• _What you will do_:
Using the material below, print the line that contains "put_line(out, to, &[], no as u64)", the line that contains "Some(10 * number + digit)", and every line in between, exactly and nothing else.

--- Material supplied ---

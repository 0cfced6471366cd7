// Booleans repacked from the live table's alignment to the group's own.
// A lent part, of archive memory or of the reply buffer, is handed on from writer to writer, piece by piece: a form that the project asks for.
ghost use Rattle.std.specs.Prelude.{◌≡◌, ◌+◌, ◌/◌, ◌%◌, ◌^◌, ◌<◌, ◌≤◌, length};
ghost use Rattle.basics.specs.Lists.{tabulate};
ghost use Rattle.points.specs.Table.{packed_size};
ghost use Rattle.records.specs.Capture.{from_bits, flags, packed_byte};
ghost use Rattle.records.specs.Lent.{LentFlags};

// The m lowest bits of a word, by a mask.
#[tactic(auto, using(crate::proofs::Bits::mask_laws))]
fn low_bits(word: u16, m: u16) -> u8
    requires { m ≤ 8 }
    ensures { result ≡ word % 2 ^ m }
{
    (word & ((1 << m) - 1)) as u8
}

// The m Booleans from bit `at` of the bytes from `offset` on, as a byte. They stand in at most two bytes of the table, which are
// joined, shifted to the byte's own alignment and masked.
// Shifts and masks are the form that the project asks for here.
fn window(table: &[u8], offset: usize, at: usize, m: u16) -> u8
    requires { (offset + at / 8 + 1 < length table.now) × (m ≤ 8) }
    ensures { result ≡ from_bits (flags table.now offset at m) }
{
    let byte = offset + at / 8;
    let shift = (at % 8) as u16;
    let word = u16::from(table[byte]) | (u16::from(table[byte + 1]) << 8);
    low_bits(word >> shift, m)
}

// Writes n Booleans from number `first` of the row at byte `offset` on, eight to a byte, into a part of their size.
#[tactic(auto, using(basics::proofs::Lists::filled_none))]
pub fn write_flags(part: &mut [u8], table: &[u8], offset: usize, first: usize, n: usize)
    requires { LentFlags part.old table.now offset first n }
    ensures { part.new ≡ tabulate (packed_size n) (packed_byte (flags table.now offset first n)) }
{
    for (i, byte) in part.iter_mut().enumerate() {
        let left = n - 8 * i;
        *byte = window(table, offset, first + 8 * i, left.min(8) as u16);
    }
}
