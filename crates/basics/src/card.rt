// The service card: why a call is refused, and the number by which C is told so. specs/Card.antt has the card under the same words.

// A row of the card. Where several apply, a call answers the one that it looks at first.
#[derive(Clone, Copy, Debug, PartialEq, Eq)]
pub enum Refusal {
    // the archive is not of the state's length; for Fresh, too short or too long
    Memory,
    // a state, a unit or a firmware is against its rule
    Foreign,
    // the live table is not of its length
    Table,
    // the stamp is out of range
    Clock,
    // there is no such file
    File,
    // the settings are locked
    Locked,
    // a group is against the rule: the place of the first, counted from 1, or 0 for a list that is not of 32 numbers
    Group(u8),
    // the record would be too long
    Long,
    // the trigger is neither 0 nor a Boolean
    Trigger,
    // the gateway is running
    Running,
    // the drafted files do not fit archive memory
    Room,
    // there is no such slot, or its entry is against the rule
    Alarm,
    // the reply buffer is too short
    Reply,
    // the frame is not the reply that was asked for, or the record in it has no stamp
    Garbled,
    // the record is all zeros
    Empty,
    // the place or the point names nothing
    Beyond,
}

// What C is told of a call that did its work.
pub const DONE: u32 = 0;

impl From<Refusal> for u32 {
    ghost use Rattle.std.specs.Prelude.{◌≡◌};
    ghost use Rattle.basics.specs.Card.{card_of};

    ghost from_gives = { λ refusal number. number ≡ (card_of refusal).number };

    fn from(refusal: Refusal) -> u32 {
        match refusal {
            Refusal::Memory => 1,
            Refusal::Foreign => 2,
            Refusal::Table => 3,
            Refusal::Clock => 4,
            Refusal::File => 5,
            Refusal::Locked => 6,
            Refusal::Group(_) => 7,
            Refusal::Long => 8,
            Refusal::Trigger => 9,
            Refusal::Running => 10,
            Refusal::Room => 11,
            Refusal::Alarm => 12,
            Refusal::Reply => 13,
            Refusal::Garbled => 14,
            Refusal::Empty => 15,
            Refusal::Beyond => 16,
        }
    }
}

impl Refusal {
    ghost use Rattle.std.specs.Prelude.{◌≡◌};
    ghost use Rattle.basics.specs.Card.{card_of};

    // The number that goes with the card's: a bad group's place, else 0.
    pub fn carried(self) -> u32
        ensures { result ≡ (card_of self).carried }
    {
        match self {
            Refusal::Group(place) => u32::from(place),
            _ => 0,
        }
    }
}
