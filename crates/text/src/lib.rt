// The lines of a listing, written into a lent buffer at a place. Each function answers the place
// after what it wrote. Where the buffer has fewer bytes from that place on than the bound that stands
// at the function, which no such text exceeds, it writes nothing and answers the place itself.
#![tactic(auto)]

ghost use Rattle.std.specs.Prelude.{◌∷◌, [], ◌++◌, ◌+◌, ◌*◌, ◌≤◌, length};
ghost use Rattle.reports.specs.Reporting.{listed};
ghost use Rattle.words.specs.Writing.{number_most, Puts, Writes};
ghost use Rattle.text.specs.Text.{spaced_text, line_text, head_text, report_text, reports_text, refused_text, end_text};
ghost use Rattle.text.specs.Text.{head_most, line_most, reports_most, refused_most, end_most};

use reports::{Counts, Report, Reports};

// The room for a text, the most bytes that it has: for a report's line, of five numbers, ..
const LINE_MOST: usize = 5 * words::NUMBER_MOST;

// .. the lines of an event's reports, ..
pub const REPORTS_MOST: usize = reports::PLACES * LINE_MOST;

// .. a refused line's, a word and a number, ..
pub const REFUSED_MOST: usize = 8 + words::NUMBER_MOST;

// .. and the end line, a word and eight numbers.
pub const END_MOST: usize = 4 + 8 * words::NUMBER_MOST;

// The header: 31 bytes.
#[tactic(auto, unfolding(crate::specs::Text::head_text))]
pub fn put_head(out: &mut [u8], at: usize) -> usize
    ensures { Writes head_text head_most at out.old result out.new }
{
    words::put_text(out, at, b"report reason first bytes time\n")
}

// Numbers with a space after each.
#[tactic(auto, unfolding(crate::specs::Text::spaced_text))]
fn put_spaced(out: &mut [u8], at: usize, numbers: &[u64]) -> usize
    requires { at + length numbers.now * number_most ≤ length out.old }
    ensures { Puts at (spaced_text numbers.now) (length numbers.now * number_most) out.old result out.new }
{
    let mut to = at;
    for n in numbers {
        to = words::put_number(out, to, *n, words::SPACE);
    }
    to
}

// A line of numbers.
fn put_line(out: &mut [u8], at: usize, before: &[u64], last: u64) -> usize
    requires { at + (length before.now + 1) * number_most ≤ length out.old }
    ensures { Puts at (line_text (before.now ++ last ∷ [])) ((length before.now + 1) * number_most) out.old result out.new }
{
    let to = put_spaced(out, at, before);
    words::put_number(out, to, last, words::LINE_FEED)
}

// A report's line, of at most LINE_MOST bytes.
#[tactic(auto, unfolding(crate::specs::Text::report_text))]
fn put_report(out: &mut [u8], at: usize, x: Report) -> usize
    requires { at + line_most ≤ length out.old }
    ensures { Puts at (report_text x) line_most out.old result out.new }
{
    put_line(
        out,
        at,
        &[x.number as u64, x.reason as u64, x.first, x.bytes],
        x.time.0,
    )
}

// The reports of an event, a line for each: at most REPORTS_MOST bytes.
pub fn put_reports(out: &mut [u8], at: usize, rs: Reports) -> usize
    ensures { Writes (reports_text (listed rs)) reports_most at out.old result out.new }
{
    if !words::has_room(out.len(), at, REPORTS_MOST) {
        return at;
    }
    let mut to = at;
    for x in rs.as_slice() {
        to = put_report(out, to, *x);
    }
    to
}

// The line of a refused line: at most REFUSED_MOST bytes. The number stays a u8, since any is written.
#[tactic(auto, unfolding(crate::specs::Text::refused_text))]
pub fn put_refusal(out: &mut [u8], at: usize, no: u8) -> usize
    ensures { Writes (refused_text no) refused_most at out.old result out.new }
{
    if !words::has_room(out.len(), at, REFUSED_MOST) {
        return at;
    }
    let to = words::put_text(out, at, b"refused ");
    put_line(out, to, &[], no as u64)
}

// The end line, of the seven counts and the bytes held: at most END_MOST bytes.
#[tactic(auto, unfolding(crate::specs::Text::end_text))]
pub fn put_end(out: &mut [u8], at: usize, c: Counts, held: u64) -> usize
    ensures { Writes (end_text c held) end_most at out.old result out.new }
{
    if !words::has_room(out.len(), at, END_MOST) {
        return at;
    }
    let to = words::put_text(out, at, b"end ");
    let counts = [
        c.heard, c.framed, c.damaged, c.started, c.outside, c.frames, c.damages,
    ];
    put_line(out, to, &counts, held)
}
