// A reader goes on by a byte.
ghost use Rattle.std.specs.Prelude.{◌≡◌, ◌≤◌, ◌<◌, ◌↔◌, IsTrue, Some, [], ◌∷◌, map, length, IfOk, IfErr};
ghost use Rattle.luo_num.specs.declared.limits.TheConstants.{NESTING_LIMIT};
ghost use Rattle.luo_model.specs.Tree.{Atom};
ghost use Rattle.luo_struct.specs.View.{tree_of};
ghost use Rattle.luo_read.specs.declared.reader.Stop.TheVariants.{NoMemory};
ghost use Rattle.luo_read.specs.Nesting.{Tuple, Collection};
ghost use Rattle.luo_read.specs.inner.Machine.{state, First, Weight, Label, Number, longer_number, longer_count, closed, settled, begun, passed, passed_from, step};
ghost use Rattle.luo_read.specs.inner.Readers.{open_of, opens_of, stage_of, state_of, Goes, Finishes};

use crate::GREATEST_NUMBER;
use crate::reader::{Frame, Reader, Stage, Stop};
use luo_num::limits::NESTING_LIMIT;
use luo_num::{Boxed, Items};
use luo_struct::Structure;
use std::alloc::Global;

// The number with a digit more after it, where it has no leading zero and is within six digits.
fn longer_number(number: Option<u32>, byte: u8) -> Option<u32>
    ensures { result ≡ longer_number number byte }
{
    if !byte.is_ascii_digit() {
        return None;
    }
    let digit = u32::from(byte - b'0');
    match number {
        None => Some(digit),
        Some(number) => {
            if number == 0 || number > GREATEST_NUMBER / 10 {
                return None;
            }
            Some(10 * number + digit)
        }
    }
}

// The same for a number that is at least 1.
fn longer_count(number: Option<u32>, byte: u8) -> Option<u32>
    ensures { result ≡ longer_count number byte }
{
    match longer_number(number, byte) {
        None => None,
        Some(longer) => {
            if longer == 0 {
                return None;
            }
            Some(longer)
        }
    }
}

// A reader after a structure, which ends the branches that it is inside of.
fn behind(alloc: Global, frames: Items<Frame>, s: Structure) -> Result<Reader, Stop>
    ensures ok { IfOk result (λ r. (state_of r ≡ closed (opens_of frames) (tree_of s))
        × (length r.frames ≤ length frames)) }
    ensures err { IfErr result (λ e. e ≡ NoMemory) }
{
    let mut frames = frames;
    let mut s = s;
    while let Some(frame) = frames.pop() {
        match frame {
            Frame::Branch { number } => {
                let inner = Boxed::new(alloc, s)?;
                s = Structure::Inj {
                    branch: number,
                    inner,
                };
            }
            Frame::Tuple { parts } => {
                frames.push(Frame::Tuple { parts })?;
                return Ok(Reader {
                    frames,
                    stage: Stage::Behind { s },
                });
            }
            Frame::Collection { parts } => {
                frames.push(Frame::Collection { parts })?;
                return Ok(Reader {
                    frames,
                    stage: Stage::Behind { s },
                });
            }
        }
    }
    Ok(Reader {
        frames,
        stage: Stage::Behind { s },
    })
}

// Whether as many are open as may be.
fn is_full(frames: &[Frame]) -> bool
    ensures { IsTrue result ↔ (length frames.now ≡ NESTING_LIMIT) }
{
    frames.len() == NESTING_LIMIT
}

// Opens one more.
fn opened(mut frames: Items<Frame>, frame: Frame, stage: Stage) -> Result<Reader, Stop>
    requires few { length frames ≤ NESTING_LIMIT }
    ensures { Goes (Some (state (open_of frame ∷ opens_of frames) (stage_of stage))) result }
{
    if is_full(frames.as_slice()) {
        return Err(Stop::Deep);
    }
    frames.push(frame)?;
    Ok(Reader { frames, stage })
}

// The first byte of a structure.
fn begun(alloc: Global, frames: Items<Frame>, byte: u8) -> Result<Reader, Stop>
    requires few { length frames ≤ NESTING_LIMIT }
    ensures { Goes (begun (opens_of frames) byte) result }
{
    let parts = Items::new(alloc);
    match byte {
        b'(' => opened(frames, Frame::Tuple { parts }, Stage::Begin),
        b'[' => opened(frames, Frame::Collection { parts }, Stage::First),
        b'a' => Ok(Reader {
            frames,
            stage: Stage::Weight { number: None },
        }),
        b'#' => Ok(Reader {
            frames,
            stage: Stage::Label { number: None },
        }),
        _ => match longer_count(None, byte) {
            Some(number) => Ok(Reader {
                frames,
                stage: Stage::Branch { number },
            }),
            None => Err(Stop::Unreadable),
        },
    }
}

// The byte after a part of a tuple, with the parts before it.
fn tuple_passed(
    alloc: Global,
    mut frames: Items<Frame>,
    mut parts: Items<Structure>,
    s: Structure,
    byte: u8,
) -> Result<Reader, Stop>
    requires few { length frames < NESTING_LIMIT }
    ensures { Goes (passed (Tuple (map tree_of parts) ∷ opens_of frames) (tree_of s) byte) result }
{
    match byte {
        b',' => {
            parts.push(s)?;
            frames.push(Frame::Tuple { parts })?;
            Ok(Reader {
                frames,
                stage: Stage::Begin,
            })
        }
        b')' => {
            if parts.is_empty() {
                return Err(Stop::Unreadable);
            }
            parts.push(s)?;
            behind(alloc, frames, Structure::Tup { parts })
        }
        _ => Err(Stop::Unreadable),
    }
}

// The byte after a component of a collection, with the components before it.
fn collection_passed(
    alloc: Global,
    mut frames: Items<Frame>,
    mut parts: Items<Structure>,
    s: Structure,
    byte: u8,
) -> Result<Reader, Stop>
    requires few { length frames < NESTING_LIMIT }
    ensures { Goes (passed (Collection (map tree_of parts) ∷ opens_of frames) (tree_of s) byte)
        result }
{
    match byte {
        b',' => {
            parts.push(s)?;
            frames.push(Frame::Collection { parts })?;
            Ok(Reader {
                frames,
                stage: Stage::Begin,
            })
        }
        b']' => {
            parts.push(s)?;
            behind(alloc, frames, Structure::Coll { parts })
        }
        _ => Err(Stop::Unreadable),
    }
}

// The byte after a structure.
fn passed(alloc: Global, mut frames: Items<Frame>, s: Structure, byte: u8) -> Result<Reader, Stop>
    requires few { length frames ≤ NESTING_LIMIT }
    ensures { Goes (passed (opens_of frames) (tree_of s) byte) result }
{
    let Some(top) = frames.pop() else {
        return Err(Stop::Unreadable);
    };
    match top {
        Frame::Branch { .. } => Err(Stop::Unreadable),
        Frame::Tuple { parts } => tuple_passed(alloc, frames, parts, s, byte),
        Frame::Collection { parts } => collection_passed(alloc, frames, parts, s, byte),
    }
}

// The byte after an atom whose number is read.
fn atom_passed(
    alloc: Global,
    frames: Items<Frame>,
    weight: u32,
    label: u32,
    byte: u8,
) -> Result<Reader, Stop>
    requires few { length frames ≤ NESTING_LIMIT }
    ensures { Goes (passed_from (closed (opens_of frames) (Atom weight label)) byte) result }
{
    let Reader { frames, stage } = behind(alloc, frames, Structure::Atom { weight, label })?;
    match stage {
        Stage::Behind { s } => passed(alloc, frames, s, byte),
        _ => Err(Stop::Unreadable),
    }
}

// The first byte inside the square brackets of a collection.
fn first(alloc: Global, mut frames: Items<Frame>, byte: u8) -> Result<Reader, Stop>
    requires few { length frames ≤ NESTING_LIMIT }
    ensures { Goes (step (state (opens_of frames) First) byte) result }
{
    if byte != b']' {
        return begun(alloc, frames, byte);
    }
    let Some(top) = frames.pop() else {
        return Err(Stop::Unreadable);
    };
    match top {
        Frame::Branch { .. } => Err(Stop::Unreadable),
        Frame::Tuple { .. } => Err(Stop::Unreadable),
        Frame::Collection { parts } => behind(alloc, frames, Structure::Coll { parts }),
    }
}

// The byte inside a weight or after it.
fn weighed(
    alloc: Global,
    frames: Items<Frame>,
    number: Option<u32>,
    byte: u8,
) -> Result<Reader, Stop>
    requires few { length frames ≤ NESTING_LIMIT }
    ensures { Goes (step (state (opens_of frames) (Weight number)) byte) result }
{
    match longer_number(number, byte) {
        Some(longer) => Ok(Reader {
            frames,
            stage: Stage::Weight {
                number: Some(longer),
            },
        }),
        None => match number {
            Some(weight) => atom_passed(alloc, frames, weight, 0, byte),
            None => Err(Stop::Unreadable),
        },
    }
}

// The byte inside a label or after it.
fn labelled(
    alloc: Global,
    frames: Items<Frame>,
    number: Option<u32>,
    byte: u8,
) -> Result<Reader, Stop>
    requires few { length frames ≤ NESTING_LIMIT }
    ensures { Goes (step (state (opens_of frames) (Label number)) byte) result }
{
    match longer_count(number, byte) {
        Some(longer) => Ok(Reader {
            frames,
            stage: Stage::Label {
                number: Some(longer),
            },
        }),
        None => match number {
            Some(label) => atom_passed(alloc, frames, 1, label, byte),
            None => Err(Stop::Unreadable),
        },
    }
}

// The byte inside the number of a branch or after it.
fn numbered(frames: Items<Frame>, number: u32, byte: u8) -> Result<Reader, Stop>
    requires few { length frames ≤ NESTING_LIMIT }
    ensures { Goes (step (state (opens_of frames) (Number number)) byte) result }
{
    if byte == b':' {
        return opened(frames, Frame::Branch { number }, Stage::Begin);
    }
    match longer_number(Some(number), byte) {
        Some(number) => Ok(Reader {
            frames,
            stage: Stage::Branch { number },
        }),
        None => Err(Stop::Unreadable),
    }
}

/// The text read one byte further.
pub(crate) fn step(alloc: Global, reader: Reader, byte: u8) -> Result<Reader, Stop>
    requires few { length reader.frames ≤ NESTING_LIMIT }
    ensures { Goes (step (state_of reader) byte) result }
{
    let Reader { frames, stage } = reader;
    match stage {
        Stage::Begin => begun(alloc, frames, byte),
        Stage::First => first(alloc, frames, byte),
        Stage::Weight { number } => weighed(alloc, frames, number, byte),
        Stage::Label { number } => labelled(alloc, frames, number, byte),
        Stage::Branch { number } => numbered(frames, number, byte),
        Stage::Behind { s } => passed(alloc, frames, s, byte),
    }
}

// A reader after the atom whose number is read, where there is one.
fn settled(alloc: Global, reader: Reader) -> Result<Reader, Stop>
    ensures ok { IfOk result (λ r. state_of r ≡ settled (state_of reader)) }
    ensures err { IfErr result (λ e. e ≡ NoMemory) }
{
    let Reader { frames, stage } = reader;
    match stage {
        Stage::Weight {
            number: Some(weight),
        } => { behind(alloc, frames, Structure::Atom { weight, label: 0 }) }
        Stage::Label {
            number: Some(label),
        } => { behind(alloc, frames, Structure::Atom { weight: 1, label }) }
        stage => Ok(Reader { frames, stage }),
    }
}

/// The structure of a text that ends here, where it does.
pub(crate) fn finished(alloc: Global, reader: Reader) -> Result<Structure, Stop>
    ensures { Finishes (state_of reader) result }
{
    let Reader { frames, stage } = settled(alloc, reader)?;
    match stage {
        Stage::Behind { s } => {
            if frames.is_empty() {
                Ok(s)
            } else {
                Err(Stop::Unreadable)
            }
        }
        _ => Err(Stop::Unreadable),
    }
}
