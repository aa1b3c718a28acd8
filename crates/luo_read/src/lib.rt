//! Structures of a node, read from their texts.
#![tactic(auto)]

mod answers;
pub mod laws;
mod marking;
mod reader;
mod reading;
mod steps;

pub use answers::StructError;
pub use reading::read_structure;

/// The greatest number of a structure's text, of six digits.
pub const GREATEST_NUMBER: u32 = 999999;
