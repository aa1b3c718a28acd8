// Why no structure is read.
ghost use Rattle.std.specs.Prelude.{◌≡◌};

use luo_num::NoMemory;

/// Why a text gives no structure of a node.
#[derive(Clone, Copy, Debug, PartialEq, Eq)]
pub enum StructError {
    /// The text has so many bytes, above the limit.
    Long { len: usize },
    /// The text is no text of a structure; its longest part that begins one has this length.
    S1 { at: usize },
    /// The text nests beyond the limit first at this byte.
    Deep { at: usize },
    /// No structure of the node, with its labels, has this text.
    S2,
    /// The structure of the node with this text has a size above the limit.
    S3 { size: u64 },
    NoMemory,
}

impl From<NoMemory> for StructError {
    ghost use Rattle.luo_read.specs.declared.answers.StructError.TheVariants.{NoMemory};

    ghost from_gives = { λ _ e. e ≡ NoMemory };

    fn from(_: NoMemory) -> Self {
        StructError::NoMemory
    }
}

---

• _Response to the exercise_:
    put_line(out, to, &[], no as u64)
}

// The end line, of the seven counts and the bytes held: at most END_MOST bytes.
#[tactic(auto, unfolding(crate::specs::Text::end_text))]
pub fn put_end(out: &mut [u8], at: usize, c: Counts, held: u64) -> usize
    ensures { Writes (end_text c held) end_most at out.old result out.new }
{
    if !words::has_room(out.len(), at, END_MOST) {
        return at;
    }
    let to = words::put_text(out, at, b"end ");
    let counts = [
        c.heard, c.framed, c.damaged, c.started, c.outside, c.frames, c.damages,
    ];
    put_line(out, to, &counts, held)
}
// A reader goes on by a byte.
ghost use Rattle.std.specs.Prelude.{◌≡◌, ◌≤◌, ◌<◌, ◌↔◌, IsTrue, Some, [], ◌∷◌, map, length, IfOk, IfErr};
ghost use Rattle.luo_num.specs.declared.limits.TheConstants.{NESTING_LIMIT};
ghost use Rattle.luo_model.specs.Tree.{Atom};
ghost use Rattle.luo_struct.specs.View.{tree_of};
ghost use Rattle.luo_read.specs.declared.reader.Stop.TheVariants.{NoMemory};
ghost use Rattle.luo_read.specs.Nesting.{Tuple, Collection};
ghost use Rattle.luo_read.specs.inner.Machine.{state, First, Weight, Label, Number, longer_number, longer_count, closed, settled, begun, passed, passed_from, step};
ghost use Rattle.luo_read.specs.inner.Readers.{open_of, opens_of, stage_of, state_of, Goes, Finishes};

use crate::GREATEST_NUMBER;
use crate::reader::{Frame, Reader, Stage, Stop};
use luo_num::limits::NESTING_LIMIT;
use luo_num::{Boxed, Items};
use luo_struct::Structure;
use std::alloc::Global;

// The number with a digit more after it, where it has no leading zero and is within six digits.
fn longer_number(number: Option<u32>, byte: u8) -> Option<u32>
    ensures { result ≡ longer_number number byte }
{
    if !byte.is_ascii_digit() {
        return None;
    }
    let digit = u32::from(byte - b'0');
    match number {
        None => Some(digit),
        Some(number) => {
            if number == 0 || number > GREATEST_NUMBER / 10 {
                return None;
            }
            Some(10 * number + digit)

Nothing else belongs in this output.